use crate::audit_table::{CASES, RUNS};
use crate::tables::{SURE, ran};
use plain_file::{Blob, List};
use program_io::Status;
use std::alloc::Global;
use std::test::Fail;

// Adds a text in which `/` stands for the end of a line.
fn put_lines(out: &mut Vec<u8>, text: &[u8]) -> Result<(), Fail> {
    for byte in text.iter().copied() {
        out.push(if byte == b'/' { b'\n' } else { byte })?;
    }
    Ok(())
}

// Adds a text with the piece `OLD>NEW` replaced where it stands first.
fn put_replaced(out: &mut Vec<u8>, text: &[u8], piece: &str) -> Result<(), Fail> {
    let (old, new) = piece.split_once('>').unwrap_or(("", ""));
    let mut wanted = !old.is_empty();
    let mut skip = 0usize;
    for at in 0..text.len() {
        if wanted && text[at..].starts_with(old.as_bytes()) {
            out.extend_from_slice(new.as_bytes())?;
            skip = old.len();
            wanted = false;
        }
        if skip == 0 {
            out.push(text[at])?;
        }
        skip = skip.saturating_sub(1);
    }
    Ok(())
}

// The script and the transcript of a run.
fn run_of(name: &str) -> (&'static str, &'static str) {
    for line in RUNS.lines() {
        let (found, texts) = line.split_once('|').unwrap_or(("", ""));
        if found == name {
            return texts.split_once('|').unwrap_or(("", ""));
        }
    }
    ("", "")
}

// The input of a case.
fn input_of(alloc: Global, name: &str, first: &str, second: &str) -> Result<Blob, Fail> {
    let (script, transcript) = run_of(name);
    let mut once = Vec::new(alloc);
    put_replaced(&mut once, transcript.as_bytes(), first)?;
    let mut twice = Vec::new(alloc);
    put_replaced(&mut twice, &once, second)?;
    let mut input = Vec::new(alloc);
    put_lines(&mut input, script.as_bytes())?;
    put_lines(&mut input, b"---/")?;
    put_lines(&mut input, &twice)?;
    Ok(List::from_vec(input))
}

fn status_of(told: &[u8]) -> Status {
    if told.starts_with(b"legal") {
        Status::Ok
    } else if told.starts_with(b"rule") {
        Status::NotLegal
    } else {
        Status::Refused
    }
}

// Whether the run prints just this line, with its status.
fn tells(alloc: Global, input: Blob, line: &str) -> Result<bool, Fail> {
    let (status, told) = ran(alloc, "audit", input, SURE, SURE)?;
    let text = told.as_slice();
    let wanted = line.as_bytes();
    Ok(
        text.starts_with(wanted)
            && text.len() == wanted.len().wrapping_add(1)
            && status == status_of(wanted),
    )
}

// Whether the case of a line of the table holds. A comment holds.
fn holds(alloc: Global, case: &str) -> Result<bool, Fail> {
    if case.as_bytes().starts_with(b"#") {
        return Ok(true);
    }
    let (name, rest) = case.split_once('|').unwrap_or(("", ""));
    let (first, rest) = rest.split_once('|').unwrap_or(("", ""));
    let (second, line) = rest.split_once('|').unwrap_or(("", ""));
    let input = input_of(alloc, name, first, second)?;
    tells(alloc, input, line)
}

#[test]
fn audits_transcripts(rt: HostRuntime) -> Result<(), Fail> {
    for case in CASES.lines() {
        let good = holds(rt.alloc(), case)?;
        assert_eq!(rt; if good { "" } else { case }, "");
    }
    Ok(())
}

// The two texts are parted by the first line `---`, which may lack its end. The script is judged first.
const PARTED: &[(&str, &str)] = &[
    ("", "no transcript"),
    ("ranges 1\n ---\n--- \n----\n", "no transcript"),
    ("ranges 0\n---", "transcript line 1"),
    ("ranges 0\n---\n", "transcript line 1"),
    ("---\ntranscript 1\n", "script line 1 order"),
    ("ranges 0\n---\ntranscript 1\nranges 0\nend\n", "legal"),
    (
        "ranges 0\n---\n---\ntranscript 1\nranges 0\nend\n",
        "transcript line 1",
    ),
    ("ranges 1\n---\n", "script line 1 limit"),
    (
        "ranges 2\nfile a 0\nguest\nread b 0 1\n---\n",
        "script line 4 file",
    ),
    (
        "ranges 0\nfile a 0\nguest\nhold a 0 r\n---\n",
        "script line 4 window",
    ),
    (
        "ranges 0\nfile a 0\nguest\nwrite a 0 6\n---\n",
        "script line 4 hex",
    ),
];

#[test]
fn parts_the_texts(rt: HostRuntime) -> Result<(), Fail> {
    let alloc = rt.alloc();
    for (input, line) in PARTED {
        let good = tells(alloc, Blob::copy_of(alloc, input.as_bytes())?, line)?;
        assert_eq!(rt; if good { "" } else { *line }, "");
    }
    Ok(())
}
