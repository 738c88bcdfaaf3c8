use crate::ring_table::RING;
use crate::tables::{SURE, put_hex, ran, run_table};
use plain_file::List;
use program_io::Status;
use std::test::Fail;

#[test]
fn serves_images(rt: HostRuntime) -> Result<(), Fail> {
    let count = run_table(&rt, rt.alloc(), RING)?;
    assert_eq!(rt; count, 78);
    Ok(())
}

// INIT in a chain of all 1,024 descriptors: 56 of one byte to read, 888 of none, 80 of one byte to write.
// Behind the table stand the available ring, which has the chain at its first place, the used ring, and the
// request.
#[test]
fn serves_a_chain_of_all_descriptors(rt: HostRuntime) -> Result<(), Fail> {
    let alloc = rt.alloc();
    let mut image = Vec::new(alloc);
    put_hex(
        &mut image,
        "44415852494e4731 00040000 0004 0000 0000000000000000 0040000000000000 0850000000000000 00710000",
    )?;
    for index in 0..1024u16 {
        let (addr, len, flags) = if index < 56 {
            (u64::from(index).wrapping_add(28_704), 1u32, 1u16)
        } else if index < 944 {
            (28_928, 0, 1)
        } else if index < 1023 {
            (u64::from(index).wrapping_add(27_856), 1, 3)
        } else {
            (28_879, 1, 2)
        };
        image.extend_from_slice(&addr.to_le_bytes())?;
        image.extend_from_slice(&len.to_le_bytes())?;
        image.extend_from_slice(&flags.to_le_bytes())?;
        let next = if index < 1023 {
            index.wrapping_add(1)
        } else {
            0
        };
        image.extend_from_slice(&next.to_le_bytes())?;
    }
    put_hex(&mut image, "0000 0100")?;
    image.resize(28_748, 0)?;
    put_hex(
        &mut image,
        "38000000 1a000000 0100000000000000 0000000000000000 00000000000000000000000000000000 07000000 1f000000 00000200 00000004",
    )?;
    image.resize(28_972, 0)?;
    let (status, told) = ran(alloc, "ring", List::from_vec(image), SURE, SURE)?;
    let lines =
        "chain 0 readable 56 writable 80\ninit unique=1 node=0 major=7 minor=31 max_readahead=131072 flags=67108864\nok unique=1 major=7 minor=31 max_readahead=131072 flags=67108864 max_background=16 congestion_threshold=12 max_write=1048576 time_gran=1 max_pages=0 map_alignment=12 flags2=0\nused 80\nmemory 4c19b71013f67ef57a586ccf89262b65bf8d2051f0cbff51fc179333d6356d02\n";
    assert_eq!(rt; told.as_slice(), lines.as_bytes());
    assert_eq!(rt; status, Status::Ok);
    Ok(())
}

- _THE TASK_: Set down the listing in full, keeping every word exactly as it is.

- _OUTPUT BELOW_:
use crate::audit_table::{CASES, RUNS};
use crate::tables::{SURE, ran};
use plain_file::{Blob, List};
use program_io::Status;
use std::alloc::Global;
use std::test::Fail;

// Adds a text in which `/` stands for the end of a line.
fn put_lines(out: &mut Vec<u8>, text: &[u8]) -> Result<(), Fail> {
    for byte in text.iter().copied() {
        out.push(if byte == b'/' { b'\n' } else { byte })?;
    }
    Ok(())
}

// Adds a text with the piece `OLD>NEW` replaced where it stands first.
fn put_replaced(out: &mut Vec<u8>, text: &[u8], piece: &str) -> Result<(), Fail> {
    let (old, new) = piece.split_once('>').unwrap_or(("", ""));
    let mut wanted = !old.is_empty();
    let mut skip = 0usize;
    for at in 0..text.len() {
        if wanted && text[at..].starts_with(old.as_bytes()) {
            out.extend_from_slice(new.as_bytes())?;
            skip = old.len();
            wanted = false;
        }
        if skip == 0 {
            out.push(text[at])?;
        }
        skip = skip.saturating_sub(1);
    }
    Ok(())
}

// The script and the transcript of a run.
fn run_of(name: &str) -> (&'static str, &'static str) {
    for line in RUNS.lines() {
        let (found, texts) = line.split_once('|').unwrap_or(("", ""));
        if found == name {
            return texts.split_once('|').unwrap_or(("", ""));
        }
    }
    ("", "")
}

// The input of a case.
fn input_of(alloc: Global, name: &str, first: &str, second: &str) -> Result<Blob, Fail> {
    let (script, transcript) = run_of(name);
    let mut once = Vec::new(alloc);
    put_replaced(&mut once, transcript.as_bytes(), first)?;
    let mut twice = Vec::new(alloc);
    put_replaced(&mut twice, &once, second)?;
    let mut input = Vec::new(alloc);
    put_lines(&mut input, script.as_bytes())?;
    put_lines(&mut input, b"---/")?;
    put_lines(&mut input, &twice)?;
    Ok(List::from_vec(input))
}

fn status_of(told: &[u8]) -> Status {
    if told.starts_with(b"legal") {
        Status::Ok
    } else if told.starts_with(b"rule") {
        Status::NotLegal
    } else {
        Status::Refused
    }
}

// Whether the run prints just this line, with its status.
fn tells(alloc: Global, input: Blob, line: &str) -> Result<bool, Fail> {
    let (status, told) = ran(alloc, "audit", input, SURE, SURE)?;
    let text = told.as_slice();
    let wanted = line.as_bytes();
    Ok(
        text.starts_with(wanted)
            && text.len() == wanted.len().wrapping_add(1)
            && status == status_of(wanted),
    )
}

// Whether the case of a line of the table holds. A comment holds.
fn holds(alloc: Global, case: &str) -> Result<bool, Fail> {
    if case.as_bytes().starts_with(b"#") {
        return Ok(true);
    }
    let (name, rest) = case.split_once('|').unwrap_or(("", ""));
    let (first, rest) = rest.split_once('|').unwrap_or(("", ""));
    let (second, line) = rest.split_once('|').unwrap_or(("", ""));
    let input = input_of(alloc, name, first, second)?;
    tells(alloc, input, line)
}

#[test]
fn audits_transcripts(rt: HostRuntime) -> Result<(), Fail> {
    for case in CASES.lines() {
        let good = holds(rt.alloc(), case)?;
        assert_eq!(rt; if good { "" } else { case }, "");
    }
    Ok(())
}

// The two texts are parted by the first line `---`, which may lack its end. The script is judged first.
const PARTED: &[(&str, &str)] = &[
    ("", "no transcript"),
    ("ranges 1\n ---\n--- \n----\n", "no transcript"),
    ("ranges 0\n---", "transcript line 1"),
    ("ranges 0\n---\n", "transcript line 1"),
    ("---\ntranscript 1\n", "script line 1 order"),
    ("ranges 0\n---\ntranscript 1\nranges 0\nend\n", "legal"),
    (
        "ranges 0\n---\n---\ntranscript 1\nranges 0\nend\n",
        "transcript line 1",
    ),
    ("ranges 1\n---\n", "script line 1 limit"),
    (
        "ranges 2\nfile a 0\nguest\nread b 0 1\n---\n",
        "script line 4 file",
    ),
    (
        "ranges 0\nfile a 0\nguest\nhold a 0 r\n---\n",
        "script line 4 window",
    ),
    (
        "ranges 0\nfile a 0\nguest\nwrite a 0 6\n---\n",
        "script line 4 hex",
    ),
];

#[test]
fn parts_the_texts(rt: HostRuntime) -> Result<(), Fail> {
    let alloc = rt.alloc();
    for (input, line) in PARTED {
        let good = tells(alloc, Blob::copy_of(alloc, input.as_bytes())?, line)?;
        assert_eq!(rt; if good { "" } else { *line }, "");
    }
    Ok(())
}
repository 738c88bcdfaaf3c8
use crate::ring_table::RING;
use crate::tables::{SURE, put_hex, ran, run_table};
use plain_file::List;
use program_io::Status;
use std::test::Fail;

#[test]
fn serves_images(rt: HostRuntime) -> Result<(), Fail> {
    let count = run_table(&rt, rt.alloc(), RING)?;
    assert_eq!(rt; count, 78);
    Ok(())
}

// INIT in a chain of all 1,024 descriptors: 56 of one byte to read, 888 of none, 80 of one byte to write.
// Behind the table stand the available ring, which has the chain at its first place, the used ring, and the
// request.
#[test]
fn serves_a_chain_of_all_descriptors(rt: HostRuntime) -> Result<(), Fail> {
    let alloc = rt.alloc();
    let mut image = Vec::new(alloc);
    put_hex(
        &mut image,
        "44415852494e4731 00040000 0004 0000 0000000000000000 0040000000000000 0850000000000000 00710000",
    )?;
    for index in 0..1024u16 {
        let (addr, len, flags) = if index < 56 {
            (u64::from(index).wrapping_add(28_704), 1u32, 1u16)
        } else if index < 944 {
            (28_928, 0, 1)
        } else if index < 1023 {
            (u64::from(index).wrapping_add(27_856), 1, 3)
        } else {
            (28_879, 1, 2)
        };
        image.extend_from_slice(&addr.to_le_bytes())?;
        image.extend_from_slice(&len.to_le_bytes())?;
        image.extend_from_slice(&flags.to_le_bytes())?;
        let next = if index < 1023 {
            index.wrapping_add(1)
        } else {
            0
        };
        image.extend_from_slice(&next.to_le_bytes())?;
    }
    put_hex(&mut image, "0000 0100")?;
    image.resize(28_748, 0)?;
    put_hex(
        &mut image,
        "38000000 1a000000 0100000000000000 0000000000000000 00000000000000000000000000000000 07000000 1f000000 00000200 00000004",
    )?;
    image.resize(28_972, 0)?;
    let (status, told) = ran(alloc, "ring", List::from_vec(image), SURE, SURE)?;
    let lines =
        "chain 0 readable 56 writable 80\ninit unique=1 node=0 major=7 minor=31 max_readahead=131072 flags=67108864\nok unique=1 major=7 minor=31 max_readahead=131072 flags=67108864 max_background=16 congestion_threshold=12 max_write=1048576 time_gran=1 max_pages=0 map_alignment=12 flags2=0\nused 80\nmemory 4c19b71013f67ef57a586ccf89262b65bf8d2051f0cbff51fc179333d6356d02\n";
    assert_eq!(rt; told.as_slice(), lines.as_bytes());
    assert_eq!(rt; status, Status::Ok);
    Ok(())
}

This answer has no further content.